Essere costretti a lavorare su turni stancanti e scomodi può essere considerato mobbing? Ci ha scritto un lettore, infermerie, lamentandosi di non vedersi più riconoscere i turni promessi ad inizio contratto verbalmente tanto da poter essere costretto a dare le dimissioni per non trascurare il padre malato. Se il lavoratore riesce a dimostrare che la turnazione non è dettata da esigenze aziendali ma dalla malizia del datore e dalla evidente volontà di creare un problema e rendere la vita lavorativa difficile, si configura mobbing?
Turni di lavoro estenuanti: se non è mobbing non restano comunque impuniti
In merito a questa possibilità dobbiamo dare al nostro lettore, e a quanti si trovano nella sua situazione lavorativa, una notizia cattiva ed una buona.

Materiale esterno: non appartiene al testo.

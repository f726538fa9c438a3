//! The directives of the language, and the names that stand for them.
ghost use Rattle.std.specs.Prelude.{◌≡◌, List, map, find, option_map};
ghost use Rattle.mpm_base.specs.LetterCase.{is_same_ignoring_case};
ghost use Rattle.mpm_config.specs.Directive.{directive_of, directive_among, quantity_name, Name};
ghost use Rattle.mpm_config.specs.DirectiveInside.{name_of};

use mpm_base::is_same_ignoring_case;

/// A directive whose value is a number.
#[derive(Clone, Copy, Debug, PartialEq, Eq)]
pub enum Quantity {
    ServerLimit,
    ThreadLimit,
    StartServers,
    MinSpareThreads,
    MaxSpareThreads,
    ThreadsPerChild,
    MaxRequestWorkers,
    MaxConnectionsPerChild,
    AsyncRequestWorkerFactor,
    Timeout,
    RequestReadTimeout,
    KeepAliveTimeout,
    MaxKeepAliveRequests,
    GracefulShutdownTimeout,
    LimitRequestLine,
    LimitRequestFieldSize,
    LimitRequestFields,
}

/// A directive of the language.
#[derive(Clone, Copy, Debug, PartialEq, Eq)]
pub enum Directive {
    Number(Quantity),
    KeepAlive,
    Listen,
    ControlListen,
    DocumentRoot,
    DirectoryIndex,
    FileETag,
    LastModified,
    AddType,
    MimeTable,
    AddDefaultCharset,
    ServerStatus,
    ServerName,
    ServerAlias,
    TransferLog,
}

/// A name, and the directive that it stands for.
#[derive(Clone, Copy, Debug)]
pub struct Spelling {
    pub name: &'static str,
    pub directive: Directive,
}

/// Every name of the language, the first spelling of a directive before the others.
pub const SPELLINGS: [Spelling; 33] = [
    Spelling {
        name: "ServerLimit",
        directive: Directive::Number(Quantity::ServerLimit),
    },
    Spelling {
        name: "ThreadLimit",
        directive: Directive::Number(Quantity::ThreadLimit),
    },
    Spelling {
        name: "StartServers",
        directive: Directive::Number(Quantity::StartServers),
    },
    Spelling {
        name: "MinSpareThreads",
        directive: Directive::Number(Quantity::MinSpareThreads),
    },
    Spelling {
        name: "MaxSpareThreads",
        directive: Directive::Number(Quantity::MaxSpareThreads),
    },
    Spelling {
        name: "ThreadsPerChild",
        directive: Directive::Number(Quantity::ThreadsPerChild),
    },
    Spelling {
        name: "MaxRequestWorkers",
        directive: Directive::Number(Quantity::MaxRequestWorkers),
    },
    Spelling {
        name: "MaxClients",
        directive: Directive::Number(Quantity::MaxRequestWorkers),
    },
    Spelling {
        name: "MaxConnectionsPerChild",
        directive: Directive::Number(Quantity::MaxConnectionsPerChild),
    },
    Spelling {
        name: "MaxRequestsPerChild",
        directive: Directive::Number(Quantity::MaxConnectionsPerChild),
    },
    Spelling {
        name: "AsyncRequestWorkerFactor",
        directive: Directive::Number(Quantity::AsyncRequestWorkerFactor),
    },
    Spelling {
        name: "Timeout",
        directive: Directive::Number(Quantity::Timeout),
    },
    Spelling {
        name: "RequestReadTimeout",
        directive: Directive::Number(Quantity::RequestReadTimeout),
    },
    Spelling {
        name: "KeepAlive",
        directive: Directive::KeepAlive,
    },
    Spelling {
        name: "KeepAliveTimeout",
        directive: Directive::Number(Quantity::KeepAliveTimeout),
    },
    Spelling {
        name: "MaxKeepAliveRequests",
        directive: Directive::Number(Quantity::MaxKeepAliveRequests),
    },
    Spelling {
        name: "GracefulShutdownTimeout",
        directive: Directive::Number(Quantity::GracefulShutdownTimeout),
    },
    Spelling {
        name: "LimitRequestLine",
        directive: Directive::Number(Quantity::LimitRequestLine),
    },
    Spelling {
        name: "LimitRequestFieldSize",
        directive: Directive::Number(Quantity::LimitRequestFieldSize),
    },
    Spelling {
        name: "LimitRequestFields",
        directive: Directive::Number(Quantity::LimitRequestFields),
    },
    Spelling {
        name: "Listen",
        directive: Directive::Listen,
    },
    Spelling {
        name: "ControlListen",
        directive: Directive::ControlListen,
    },
    Spelling {
        name: "DocumentRoot",
        directive: Directive::DocumentRoot,
    },
    Spelling {
        name: "DirectoryIndex",
        directive: Directive::DirectoryIndex,
    },
    Spelling {
        name: "FileETag",
        directive: Directive::FileETag,
    },
    Spelling {
        name: "LastModified",
        directive: Directive::LastModified,
    },
    Spelling {
        name: "AddType",
        directive: Directive::AddType,
    },
    Spelling {
        name: "MimeTable",
        directive: Directive::MimeTable,
    },
    Spelling {
        name: "AddDefaultCharset",
        directive: Directive::AddDefaultCharset,
    },
    Spelling {
        name: "ServerStatus",
        directive: Directive::ServerStatus,
    },
    Spelling {
        name: "ServerName",
        directive: Directive::ServerName,
    },
    Spelling {
        name: "ServerAlias",
        directive: Directive::ServerAlias,
    },
    Spelling {
        name: "TransferLog",
        directive: Directive::TransferLog,
    },
];

/// The directive of the first of the spellings that is the word.
fn first_among(word: &[u8], spellings: &[Spelling]) -> Option<Directive>
    ensures { result ≡ option_map (λ s. s.directive)
        (find (λ (s : Spelling). is_same_ignoring_case word.now s.name.now) spellings.now) }
{
    let found = spellings.iter().find(|spelling| is_same_ignoring_case(
        word,
        spelling.name.as_bytes(),
    ))?;
    Some(found.directive)
}

/// The same, where the spellings are the code's form of those names.
fn among(word: &[u8], spellings: &[Spelling]) -> Option<Directive>
    ensures { (names : List Name) → map name_of spellings.now ≡ names
        → result ≡ directive_among names word.now }
{
    first_among(word, spellings)
}

/// The directive that a word names.
pub fn named(word: &[u8]) -> Option<Directive>
    ensures { result ≡ directive_of word.now }
{
    among(word, &SPELLINGS)
}

impl Quantity {
    /// The first spelling of its name.
    pub fn name(self) -> &'static str
        ensures { result.now ≡ quantity_name self }
    {
        match self {
            Quantity::ServerLimit => "ServerLimit",
            Quantity::ThreadLimit => "ThreadLimit",
            Quantity::StartServers => "StartServers",
            Quantity::MinSpareThreads => "MinSpareThreads",
            Quantity::MaxSpareThreads => "MaxSpareThreads",
            Quantity::ThreadsPerChild => "ThreadsPerChild",
            Quantity::MaxRequestWorkers => "MaxRequestWorkers",
            Quantity::MaxConnectionsPerChild => "MaxConnectionsPerChild",
            Quantity::AsyncRequestWorkerFactor => "AsyncRequestWorkerFactor",
            Quantity::Timeout => "Timeout",
            Quantity::RequestReadTimeout => "RequestReadTimeout",
            Quantity::KeepAliveTimeout => "KeepAliveTimeout",
            Quantity::MaxKeepAliveRequests => "MaxKeepAliveRequests",
            Quantity::GracefulShutdownTimeout => "GracefulShutdownTimeout",
            Quantity::LimitRequestLine => "LimitRequestLine",
            Quantity::LimitRequestFieldSize => "LimitRequestFieldSize",
            Quantity::LimitRequestFields => "LimitRequestFields",
        }
    }
}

La prima è che l’intento vessatorio del mobbing, alla base della denuncia, è difficile da dimostrare in queste circostanze. La seconda è che non significa che tale atteggiamento debba perpetrarsi restando impunito. La giurisprudenza ha riconosciuto un ibrido chiamato
straining. Letteralmente si potrebbe tradurre come “forzatura” o “sforzo” per rendere l’idea della condotta che configura.
Di fatto è un mobbing più lieve e più facile da dimostrare: non serve infatti la continuità delle azioni vessatorie ed è sufficiente anche un episodio unico e isolato. Attenzione: non basta qualsiasi forma di stress o affaticamento da lavoro (quello fisico ad esempio o quello connaturale ad una scadenza o ad una responsabilità) per parlare di straining. L’obiettivo è sempre quello di spingere il dipendente a dimettersi. Deve trattarsi di uno stress superiore rispetto a quello connaturato alla natura stessa del lavoro e alle normali attività interne. Se viene riconosciuto dai giudici che il lavoratore subisce straining, scatta il risarcimento del danno all’integrità psico-fisica del lavoratore.
Nel caso che ci ha raccontato il nostro lettore è più probabile che i giudici riconoscano la fattispecie di straining piuttosto che quella di mobbing.